*** Data records Section Begins ***
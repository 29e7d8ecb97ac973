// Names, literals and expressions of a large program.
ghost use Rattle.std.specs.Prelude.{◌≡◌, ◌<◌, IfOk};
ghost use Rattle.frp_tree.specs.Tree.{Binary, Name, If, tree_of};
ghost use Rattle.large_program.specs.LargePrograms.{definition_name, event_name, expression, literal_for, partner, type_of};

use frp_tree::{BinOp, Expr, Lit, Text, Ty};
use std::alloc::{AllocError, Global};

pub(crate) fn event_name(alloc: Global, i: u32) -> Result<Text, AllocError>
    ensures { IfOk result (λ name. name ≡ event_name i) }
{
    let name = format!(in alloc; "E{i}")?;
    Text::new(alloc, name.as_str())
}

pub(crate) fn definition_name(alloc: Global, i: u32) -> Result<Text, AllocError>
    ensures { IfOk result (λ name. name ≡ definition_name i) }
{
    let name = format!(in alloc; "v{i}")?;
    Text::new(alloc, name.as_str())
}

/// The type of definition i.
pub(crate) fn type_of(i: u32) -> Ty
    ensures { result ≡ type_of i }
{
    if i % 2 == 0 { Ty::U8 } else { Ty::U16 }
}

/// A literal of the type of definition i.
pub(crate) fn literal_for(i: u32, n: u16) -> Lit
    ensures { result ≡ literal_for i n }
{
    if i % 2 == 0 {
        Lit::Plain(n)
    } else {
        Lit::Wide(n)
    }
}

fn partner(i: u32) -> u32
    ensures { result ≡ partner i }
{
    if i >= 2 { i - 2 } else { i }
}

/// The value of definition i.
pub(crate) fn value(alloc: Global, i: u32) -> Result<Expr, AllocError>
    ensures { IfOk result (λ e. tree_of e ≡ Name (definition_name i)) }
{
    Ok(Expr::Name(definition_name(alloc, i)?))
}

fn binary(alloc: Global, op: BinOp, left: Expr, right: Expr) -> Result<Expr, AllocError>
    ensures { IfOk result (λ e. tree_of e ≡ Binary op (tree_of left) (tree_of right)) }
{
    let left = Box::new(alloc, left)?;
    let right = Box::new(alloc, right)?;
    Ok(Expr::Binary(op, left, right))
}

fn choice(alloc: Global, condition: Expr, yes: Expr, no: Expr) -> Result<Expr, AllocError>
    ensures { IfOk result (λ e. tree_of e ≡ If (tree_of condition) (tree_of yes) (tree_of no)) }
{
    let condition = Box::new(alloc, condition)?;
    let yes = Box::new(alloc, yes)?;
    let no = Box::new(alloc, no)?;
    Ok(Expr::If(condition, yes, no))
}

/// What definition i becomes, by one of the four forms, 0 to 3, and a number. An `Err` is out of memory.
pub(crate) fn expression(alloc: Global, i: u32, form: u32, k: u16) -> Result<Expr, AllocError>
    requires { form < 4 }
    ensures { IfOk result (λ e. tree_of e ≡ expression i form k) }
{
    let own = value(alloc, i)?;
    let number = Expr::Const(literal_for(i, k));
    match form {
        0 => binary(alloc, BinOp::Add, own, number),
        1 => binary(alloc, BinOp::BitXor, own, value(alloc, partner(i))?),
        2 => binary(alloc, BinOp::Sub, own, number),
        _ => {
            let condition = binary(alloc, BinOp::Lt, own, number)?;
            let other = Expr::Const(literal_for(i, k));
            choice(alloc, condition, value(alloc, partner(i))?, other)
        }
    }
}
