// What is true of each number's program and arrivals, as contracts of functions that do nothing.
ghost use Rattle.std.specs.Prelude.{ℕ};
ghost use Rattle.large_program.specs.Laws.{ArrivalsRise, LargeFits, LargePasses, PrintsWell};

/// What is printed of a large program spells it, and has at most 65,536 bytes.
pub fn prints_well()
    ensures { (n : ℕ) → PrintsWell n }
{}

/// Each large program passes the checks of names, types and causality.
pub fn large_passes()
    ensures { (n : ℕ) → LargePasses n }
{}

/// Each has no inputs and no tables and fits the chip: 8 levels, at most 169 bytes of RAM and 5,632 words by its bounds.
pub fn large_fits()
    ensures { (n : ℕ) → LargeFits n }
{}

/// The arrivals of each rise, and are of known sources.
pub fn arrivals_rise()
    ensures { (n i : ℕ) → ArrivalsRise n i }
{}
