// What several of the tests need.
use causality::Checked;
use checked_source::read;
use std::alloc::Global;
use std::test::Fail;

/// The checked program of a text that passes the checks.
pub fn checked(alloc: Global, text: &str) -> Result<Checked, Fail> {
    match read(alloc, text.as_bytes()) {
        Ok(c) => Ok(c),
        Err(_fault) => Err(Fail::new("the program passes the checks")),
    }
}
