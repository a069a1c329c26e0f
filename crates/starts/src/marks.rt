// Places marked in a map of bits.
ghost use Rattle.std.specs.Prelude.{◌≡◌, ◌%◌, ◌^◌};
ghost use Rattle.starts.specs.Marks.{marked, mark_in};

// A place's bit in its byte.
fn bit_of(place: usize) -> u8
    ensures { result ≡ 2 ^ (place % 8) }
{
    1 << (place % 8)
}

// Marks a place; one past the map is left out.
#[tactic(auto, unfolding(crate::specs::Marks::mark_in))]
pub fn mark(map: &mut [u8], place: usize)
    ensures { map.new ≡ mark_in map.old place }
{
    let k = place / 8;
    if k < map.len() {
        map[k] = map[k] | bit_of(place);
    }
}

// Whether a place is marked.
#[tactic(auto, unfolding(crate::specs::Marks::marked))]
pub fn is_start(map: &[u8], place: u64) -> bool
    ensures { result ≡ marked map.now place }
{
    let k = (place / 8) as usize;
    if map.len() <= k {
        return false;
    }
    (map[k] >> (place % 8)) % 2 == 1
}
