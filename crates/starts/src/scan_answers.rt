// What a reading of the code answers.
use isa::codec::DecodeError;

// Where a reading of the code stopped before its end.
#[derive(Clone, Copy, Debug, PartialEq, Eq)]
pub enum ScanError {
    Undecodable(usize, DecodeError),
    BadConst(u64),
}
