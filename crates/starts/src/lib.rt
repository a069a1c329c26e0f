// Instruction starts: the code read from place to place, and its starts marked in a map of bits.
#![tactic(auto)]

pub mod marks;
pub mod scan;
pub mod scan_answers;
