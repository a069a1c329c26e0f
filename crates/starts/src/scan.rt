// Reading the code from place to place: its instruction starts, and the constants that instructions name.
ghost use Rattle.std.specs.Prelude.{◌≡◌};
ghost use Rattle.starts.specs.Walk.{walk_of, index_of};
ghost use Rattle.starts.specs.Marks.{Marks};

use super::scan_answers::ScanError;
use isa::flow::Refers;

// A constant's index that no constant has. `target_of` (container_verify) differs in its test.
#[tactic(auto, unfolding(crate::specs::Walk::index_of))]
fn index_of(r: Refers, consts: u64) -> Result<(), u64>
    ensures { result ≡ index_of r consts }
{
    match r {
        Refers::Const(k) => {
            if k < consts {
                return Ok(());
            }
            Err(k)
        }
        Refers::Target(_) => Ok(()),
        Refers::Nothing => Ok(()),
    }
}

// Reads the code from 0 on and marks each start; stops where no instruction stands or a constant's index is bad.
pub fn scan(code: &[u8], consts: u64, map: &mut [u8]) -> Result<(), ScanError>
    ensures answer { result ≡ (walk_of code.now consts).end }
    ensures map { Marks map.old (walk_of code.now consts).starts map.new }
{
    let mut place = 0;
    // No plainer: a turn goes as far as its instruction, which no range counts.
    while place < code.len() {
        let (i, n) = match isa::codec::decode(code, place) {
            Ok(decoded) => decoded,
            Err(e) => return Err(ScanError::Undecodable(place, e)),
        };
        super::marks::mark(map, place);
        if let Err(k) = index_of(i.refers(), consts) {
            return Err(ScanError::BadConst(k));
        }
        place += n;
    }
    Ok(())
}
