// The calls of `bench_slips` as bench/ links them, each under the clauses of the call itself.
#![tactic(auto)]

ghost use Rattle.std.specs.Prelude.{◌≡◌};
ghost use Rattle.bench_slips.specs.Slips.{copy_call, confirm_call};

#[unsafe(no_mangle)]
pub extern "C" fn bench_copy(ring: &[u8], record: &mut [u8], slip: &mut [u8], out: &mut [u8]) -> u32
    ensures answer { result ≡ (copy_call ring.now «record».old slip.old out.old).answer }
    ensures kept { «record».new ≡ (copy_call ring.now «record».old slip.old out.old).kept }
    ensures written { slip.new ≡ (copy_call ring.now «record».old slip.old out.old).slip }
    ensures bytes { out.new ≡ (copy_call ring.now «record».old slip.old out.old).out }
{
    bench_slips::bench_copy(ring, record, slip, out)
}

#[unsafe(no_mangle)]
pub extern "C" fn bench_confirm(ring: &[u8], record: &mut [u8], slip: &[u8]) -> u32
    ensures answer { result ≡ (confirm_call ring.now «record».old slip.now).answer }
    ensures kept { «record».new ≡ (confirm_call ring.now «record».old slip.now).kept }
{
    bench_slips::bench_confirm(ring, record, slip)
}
*** Data records Section Ends ***
• **Required action**: The response should be the listing above, limited to the lines between the one holding "map.new ≡ mark_in" and the one holding "use isa::codec::DecodeError;", inclusive, reproduced exactly.

• **Solution to this exercise**:
    ensures { map.new ≡ mark_in map.old place }
{
    let k = place / 8;
    if k < map.len() {
        map[k] = map[k] | bit_of(place);
    }
}

// Whether a place is marked.
#[tactic(auto, unfolding(crate::specs::Marks::marked))]
pub fn is_start(map: &[u8], place: u64) -> bool
    ensures { result ≡ marked map.now place }
{
    let k = (place / 8) as usize;
    if map.len() <= k {
        return false;
    }
    (map[k] >> (place % 8)) % 2 == 1
}
filename crates/starts/src/scan_answers.rt
// What a reading of the code answers.
use isa::codec::DecodeError;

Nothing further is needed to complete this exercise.